In the case of weak waves we shall have

\[ t_{01}=-t^{01} =\frac{c^3}{32\pi\mathcal G}\left[ \left(\frac{\partial h_{22}}{\partial t}\frac{\partial h_{22}}{\partial x} +\frac{\partial h_{33}}{\partial t}\frac{\partial h_{33}}{\partial x} +2\frac{\partial h_{23}}{\partial t}\frac{\partial h_{23}}{\partial x}\right) -\frac{\partial^2}{\partial t\,\partial x}\left(h_{22}^2+h_{33}^2+2h_{23}^2\right) \right], \tag{19} \]

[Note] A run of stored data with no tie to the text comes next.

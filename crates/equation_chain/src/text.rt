//! Chains as text. The text of each letter is looked up once.

ghost use Rattle.std.specs.Prelude.{◌≡◌, ◌++◌, length, codes, IfOk, OnOk};
ghost use Rattle.std.specs.List.{All};
ghost use Rattle.word_core.specs.Letters.{IsOver};
ghost use Rattle.block_text.specs.Written.{word_by};
ghost use Rattle.certificate_text.specs.Written.{opening_text};
ghost use Rattle.equation_chain.specs.Spelled.{AreTexts, text_in, line_by, use_by};

use block_text::{Letters, put, put_letter, put_number, put_poly_by, put_signed, put_word_by};
use lists::Listing;
use nc_polynomial::Poly;
use quiver::Quiver;
use std::alloc::{AllocError, Global};
use std::marker::Model;
use traced_rows::CertRow;
use word_core::{Letter, Word};

/// The texts of the letters of a quiver.
#[derive(Drop)]
pub struct LetterTexts {
    texts: Listing<Listing<u8>>,
}

impl Model for LetterTexts {
    ghost use Rattle.std.specs.Prelude.{List, ℕ};

    ghost Value = { List (List ℕ) };

    ghost view = { λ t. t.texts };
}

/// The texts of the letters of the quiver.
pub fn letter_texts(alloc: Global, quiver: &Quiver) -> Result<LetterTexts, AllocError>
    ensures { IfOk result (AreTexts quiver.now) }
{
    let mut texts = Listing::new(alloc);
    for number in 0..quiver.letters() {
        let mut text = Vec::new(alloc);
        put_letter(&mut text, quiver, Letter(number as u16))?;
        texts.push(Listing::from_vec(text))?;
    }
    Ok(LetterTexts { texts })
}

impl Letters for LetterTexts {
    ghost text = { text_in };

    ghost count = { length };

    fn put_letter(&self, out: &mut Vec<u8>, letter: Letter) -> Result<(), AllocError> {
        let text = self.texts.at(usize::from(letter.0));
        out.extend_from_slice(text.as_slice())
    }
}

/// Appends a line of a chain.
pub fn put_line(out: &mut Vec<u8>, texts: &LetterTexts, line: &Poly) -> Result<(), AllocError>
    requires { All (λ t. IsOver (length texts.now) t.1) line.now.terms }
    ensures { OnOk result (out.new.items ≡ out.old.items ++ line_by texts.now line.now.terms) }
{
    put(out, "line ")?;
    put_poly_by(out, texts, line)?;
    put(out, "\n")
}

// Appends a word between two texts.
fn put_between(
    out: &mut Vec<u8>,
    texts: &LetterTexts,
    front: &str,
    word: &Word,
    end: &str,
) -> Result<(), AllocError>
    requires { IsOver (length texts.now) word.now }
    ensures { OnOk result (out.new.items ≡ out.old.items ++ (front.now ++ word_by (text_in texts.now) word.now ++ end.now)) }
{
    put(out, front)?;
    put_word_by(out, texts, word)?;
    put(out, end)
}

/// Appends a step of a chain.
pub fn put_use(out: &mut Vec<u8>, texts: &LetterTexts, step: &CertRow) -> Result<(), AllocError>
    requires left { IsOver (length texts.now) step.now.left }
    requires right { IsOver (length texts.now) step.now.right }
    ensures { OnOk result (out.new.items ≡ out.old.items ++ use_by texts.now step.now) }
{
    put_signed(out, "use ", step.coef)?;
    put_between(out, texts, " (", &step.left, ") ")?;
    put_number(out, u128::from(step.generator))?;
    put_between(out, texts, " (", &step.right, ")\n")
}

/// Appends the first lines of a chain, with its claim and its denominator.
pub fn put_opening(out: &mut Vec<u8>, claim: u32, denominator: i128) -> Result<(), AllocError>
    ensures { OnOk result (out.new.items ≡ out.old.items ++ opening_text (codes "chain 1\nclaim ") claim denominator) }
{
    certificate_text::put_opening(out, "chain 1\nclaim ", claim, denominator)
}
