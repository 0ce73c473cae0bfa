//! A chain as a block of text.
ghost use Rattle.std.specs.Prelude.{◌≡◌, ◌++◌, OnOk};
ghost use Rattle.std.specs.List.{All};
ghost use Rattle.adjoint_rules.specs.Problem.{polynomials};
ghost use Rattle.equation_chain.specs.Made.{IsWritable};
ghost use Rattle.equation_chain.specs.Spelled.{steps_by, lines_spelled, IsStepSpelled, IsLineSpelled};
ghost use Rattle.equation_chain.specs.Written.{chain_text};

use crate::Chain;
use crate::text::{LetterTexts, letter_texts, put_line, put_opening, put_use};
use block_text::put;
use nc_polynomial::Poly;
use quiver::Quiver;
use std::alloc::{AllocError, Global};
use traced_rows::CertRow;

/// Appends a chain, whose last line is ended by what follows it.
pub fn put_chain(
    alloc: Global,
    out: &mut Vec<u8>,
    quiver: &Quiver,
    chain: &Chain,
) -> Result<(), AllocError>
    requires { IsWritable quiver.now chain.now }
    ensures { let c = chain.now in
        OnOk result (out.new.items ≡ out.old.items ++ chain_text quiver.now c.claim c.denominator c.steps (polynomials c.lines)) }
{
    let texts = letter_texts(alloc, quiver)?;
    put_opening(out, chain.claim, chain.denominator)?;
    put_lines(out, &texts, chain.steps.as_slice(), chain.lines.as_slice())?;
    put(out, "end")
}

// Appends the first line, and each step with the line after it.
fn put_lines(
    out: &mut Vec<u8>,
    texts: &LetterTexts,
    steps: &[CertRow],
    lines: &[Poly],
) -> Result<(), AllocError>
    requires steps { All (IsStepSpelled texts.now) steps.now }
    requires lines { All (λ p. IsLineSpelled texts.now p.terms) lines.now }
    ensures { OnOk result (out.new.items ≡ out.old.items ++ lines_spelled texts.now steps.now (polynomials lines.now)) }
{
    match lines {
        [] => Ok(()),
        [first, rest @ ..] => {
            put_line(out, texts, first)?;
            put_steps(out, texts, steps, rest)
        }
    }
}

// Appends each step with the line after it.
fn put_steps(
    out: &mut Vec<u8>,
    texts: &LetterTexts,
    steps: &[CertRow],
    lines: &[Poly],
) -> Result<(), AllocError>
    requires steps { All (IsStepSpelled texts.now) steps.now }
    requires lines { All (λ p. IsLineSpelled texts.now p.terms) lines.now }
    ensures { OnOk result (out.new.items ≡ out.old.items ++ steps_by texts.now steps.now (polynomials lines.now)) }
{
    for (step, line) in steps.iter().zip(lines) {
        put_use(out, texts, step)?;
        put_line(out, texts, line)?;
    }
    Ok(())
}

where \(h_{22}=g_{22}-1\), \(h_{33}=g_{33}-1\), \(h_{23}=g_{23}\), with \(h_{22}=-h_{33}\), and the quantities \(h_{22}\) and \(h_{23}\) are of the same order.

Since, in the quadrupole radiation of gravitational waves,

\[ h_{22}^2+h_{33}^2+2h_{23}^2 =2\left(h_{22}^2+h_{33}^2\right)=\mathrm{const}, \]

then

\[ t_{01}=-t^{01} =\frac{c^3}{16\pi\mathcal G} \left[ \frac{\partial h_{22}}{\partial t}\frac{\partial h_{22}}{\partial x} +\frac{\partial h_{23}}{\partial t}\frac{\partial h_{23}}{\partial x} \right], \tag{20} \]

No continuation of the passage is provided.